====== TASK INPUT ======

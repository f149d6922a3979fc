// The elements of a function's counted lists, and such lists of them.
ghost use Rattle.std.specs.Prelude.{◌≡◌, ℕ, List};
ghost use Rattle.lua51_deserializer.specs.Chunk.{Read, again, constant, counted, string};
ghost use Rattle.lua51_deserializer.specs.Cursor.{local, read_of};

use crate::fields::{ChunkFault, constant, count_to, local, string};
use lua51_value::bytes::int_at;

// What a counted list is of.
pub trait Element {
    // Its reader in the definition.
    ghost reads: { List ℕ → ℕ → Read };

    // Reads the element at an offset.
    fn read(s: &[u8], at: usize) -> Result<usize, ChunkFault>
        ensures { read_of result ≡ reads s.now at };
}

// A constant.
#[derive(Clone, Copy)]
pub struct Constant;

impl Element for Constant {
    ghost reads = { constant };

    fn read(s: &[u8], at: usize) -> Result<usize, ChunkFault> {
        constant(s, at)
    }
}

// A local variable.
#[derive(Clone, Copy)]
pub struct Local;

impl Element for Local {
    ghost reads = { local };

    fn read(s: &[u8], at: usize) -> Result<usize, ChunkFault> {
        local(s, at)
    }
}

// The name of an upvalue.
#[derive(Clone, Copy)]
pub struct Name;

impl Element for Name {
    ghost reads = { string };

    fn read(s: &[u8], at: usize) -> Result<usize, ChunkFault> {
        string(s, at)
    }
}

// `n` elements from an offset on.
pub fn elements<E: Element>(s: &[u8], at: usize, n: u32) -> Result<usize, ChunkFault>
    ensures { read_of result ≡ again (E.reads s.now) n at }
{
    (0..n).try_fold(at, |reached, _| E::read(s, reached))
}

// A counted list of elements.
#[tactic(auto, unfolding(crate::specs::Chunk::counted))]
pub fn counted<E: Element>(s: &[u8], at: usize, limit: u32) -> Result<usize, ChunkFault>
    ensures { read_of result ≡ counted s.now limit (E.reads s.now) at }
{
    let first = count_to(s, at, limit)?;
    elements::<E>(s, first, int_at(s, at))
}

======

_ACTIVITY_
Line for line, set down the listing above again.

_WRITTEN REPLY_
repository f149d6922a3979fc
// The elements of a function's counted lists, and such lists of them.
ghost use Rattle.std.specs.Prelude.{◌≡◌, ℕ, List};
ghost use Rattle.lua51_deserializer.specs.Chunk.{Read, again, constant, counted, string};
ghost use Rattle.lua51_deserializer.specs.Cursor.{local, read_of};

use crate::fields::{ChunkFault, constant, count_to, local, string};
use lua51_value::bytes::int_at;

// What a counted list is of.
pub trait Element {
    // Its reader in the definition.
    ghost reads: { List ℕ → ℕ → Read };

    // Reads the element at an offset.
    fn read(s: &[u8], at: usize) -> Result<usize, ChunkFault>
        ensures { read_of result ≡ reads s.now at };
}

// A constant.
#[derive(Clone, Copy)]
pub struct Constant;

impl Element for Constant {
    ghost reads = { constant };

    fn read(s: &[u8], at: usize) -> Result<usize, ChunkFault> {
        constant(s, at)
    }
}

// A local variable.
#[derive(Clone, Copy)]
pub struct Local;

impl Element for Local {
    ghost reads = { local };

    fn read(s: &[u8], at: usize) -> Result<usize, ChunkFault> {
        local(s, at)
    }
}

// The name of an upvalue.
#[derive(Clone, Copy)]
pub struct Name;

impl Element for Name {
    ghost reads = { string };

    fn read(s: &[u8], at: usize) -> Result<usize, ChunkFault> {
        string(s, at)
    }
}

// `n` elements from an offset on.
pub fn elements<E: Element>(s: &[u8], at: usize, n: u32) -> Result<usize, ChunkFault>
    ensures { read_of result ≡ again (E.reads s.now) n at }
{
    (0..n).try_fold(at, |reached, _| E::read(s, reached))
}

// A counted list of elements.
#[tactic(auto, unfolding(crate::specs::Chunk::counted))]
pub fn counted<E: Element>(s: &[u8], at: usize, limit: u32) -> Result<usize, ChunkFault>
    ensures { read_of result ≡ counted s.now limit (E.reads s.now) at }
{
    let first = count_to(s, at, limit)?;
    elements::<E>(s, first, int_at(s, at))
}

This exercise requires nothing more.